■ **AIM OF THE EXERCISE**: Read the data below line by line and copy each one with "RedirectUrl" in it.

■ **THE DATA**:
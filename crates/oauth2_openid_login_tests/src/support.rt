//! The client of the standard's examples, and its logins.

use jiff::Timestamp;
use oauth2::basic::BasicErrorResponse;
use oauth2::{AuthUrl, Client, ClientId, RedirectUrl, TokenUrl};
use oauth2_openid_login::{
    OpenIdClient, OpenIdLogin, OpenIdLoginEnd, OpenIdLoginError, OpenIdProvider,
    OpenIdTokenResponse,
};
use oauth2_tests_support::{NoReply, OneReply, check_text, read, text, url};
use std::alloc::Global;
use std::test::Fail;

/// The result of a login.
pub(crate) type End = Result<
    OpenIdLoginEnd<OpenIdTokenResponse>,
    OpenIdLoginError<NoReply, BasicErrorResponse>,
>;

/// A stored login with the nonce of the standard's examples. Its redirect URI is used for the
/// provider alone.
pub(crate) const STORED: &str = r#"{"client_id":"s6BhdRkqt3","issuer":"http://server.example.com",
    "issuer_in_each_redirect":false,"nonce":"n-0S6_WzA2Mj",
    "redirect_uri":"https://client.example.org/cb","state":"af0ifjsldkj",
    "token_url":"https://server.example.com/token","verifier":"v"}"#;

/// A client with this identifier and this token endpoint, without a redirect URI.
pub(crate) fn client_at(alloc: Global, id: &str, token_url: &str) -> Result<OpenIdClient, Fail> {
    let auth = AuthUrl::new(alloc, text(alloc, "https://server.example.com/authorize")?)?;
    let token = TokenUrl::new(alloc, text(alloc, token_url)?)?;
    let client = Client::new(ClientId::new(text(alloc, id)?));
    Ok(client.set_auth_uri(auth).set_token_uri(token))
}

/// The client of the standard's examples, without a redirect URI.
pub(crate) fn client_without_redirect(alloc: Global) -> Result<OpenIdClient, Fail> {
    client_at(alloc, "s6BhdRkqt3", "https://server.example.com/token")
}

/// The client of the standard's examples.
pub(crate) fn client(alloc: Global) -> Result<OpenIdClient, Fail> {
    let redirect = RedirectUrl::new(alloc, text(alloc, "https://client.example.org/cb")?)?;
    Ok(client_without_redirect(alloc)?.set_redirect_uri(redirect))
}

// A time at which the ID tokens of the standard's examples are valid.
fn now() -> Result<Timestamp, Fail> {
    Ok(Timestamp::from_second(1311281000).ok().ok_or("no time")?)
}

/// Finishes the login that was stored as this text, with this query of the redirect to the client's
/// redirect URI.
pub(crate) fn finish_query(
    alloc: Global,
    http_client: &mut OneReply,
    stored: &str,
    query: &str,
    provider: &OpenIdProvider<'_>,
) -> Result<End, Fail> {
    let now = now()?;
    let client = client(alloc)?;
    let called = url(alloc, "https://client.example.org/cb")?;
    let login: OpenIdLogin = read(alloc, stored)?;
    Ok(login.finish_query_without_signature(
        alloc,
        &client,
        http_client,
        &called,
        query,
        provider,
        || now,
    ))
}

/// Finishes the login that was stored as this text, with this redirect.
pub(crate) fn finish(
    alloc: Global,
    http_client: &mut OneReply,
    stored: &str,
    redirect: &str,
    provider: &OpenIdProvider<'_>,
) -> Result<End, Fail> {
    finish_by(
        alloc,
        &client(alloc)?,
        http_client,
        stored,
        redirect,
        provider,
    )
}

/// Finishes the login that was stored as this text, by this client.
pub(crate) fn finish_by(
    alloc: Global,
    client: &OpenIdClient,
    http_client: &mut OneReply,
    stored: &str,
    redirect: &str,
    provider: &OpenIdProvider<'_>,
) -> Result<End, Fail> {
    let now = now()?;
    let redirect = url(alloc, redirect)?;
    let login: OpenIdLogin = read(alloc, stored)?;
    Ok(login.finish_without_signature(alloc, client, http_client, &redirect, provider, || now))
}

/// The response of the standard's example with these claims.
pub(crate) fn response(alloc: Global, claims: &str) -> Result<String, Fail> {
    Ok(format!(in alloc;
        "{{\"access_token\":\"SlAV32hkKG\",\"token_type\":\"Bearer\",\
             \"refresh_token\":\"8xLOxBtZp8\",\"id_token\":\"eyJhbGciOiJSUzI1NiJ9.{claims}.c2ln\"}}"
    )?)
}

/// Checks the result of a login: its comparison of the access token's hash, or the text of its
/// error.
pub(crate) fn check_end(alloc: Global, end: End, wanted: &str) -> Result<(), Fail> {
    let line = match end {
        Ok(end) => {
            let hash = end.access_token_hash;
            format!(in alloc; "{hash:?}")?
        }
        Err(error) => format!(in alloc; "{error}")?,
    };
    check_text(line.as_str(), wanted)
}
--
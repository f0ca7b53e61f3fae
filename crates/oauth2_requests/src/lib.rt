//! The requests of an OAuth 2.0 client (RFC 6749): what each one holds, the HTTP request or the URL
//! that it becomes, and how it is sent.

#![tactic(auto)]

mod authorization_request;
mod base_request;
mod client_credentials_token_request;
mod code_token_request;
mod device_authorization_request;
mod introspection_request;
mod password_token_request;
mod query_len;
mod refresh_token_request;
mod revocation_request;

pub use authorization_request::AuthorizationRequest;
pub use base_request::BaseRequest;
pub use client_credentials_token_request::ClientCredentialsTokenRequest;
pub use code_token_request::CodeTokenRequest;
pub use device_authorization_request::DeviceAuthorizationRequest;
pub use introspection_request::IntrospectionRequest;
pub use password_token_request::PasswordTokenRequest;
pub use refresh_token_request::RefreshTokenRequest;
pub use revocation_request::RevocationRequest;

■ **OUTPUT OF THE EXERCISE**:
use oauth2::{AuthUrl, Client, ClientId, RedirectUrl, TokenUrl};
    let redirect = RedirectUrl::new(alloc, text(alloc, "https://client.example.org/cb")?)?;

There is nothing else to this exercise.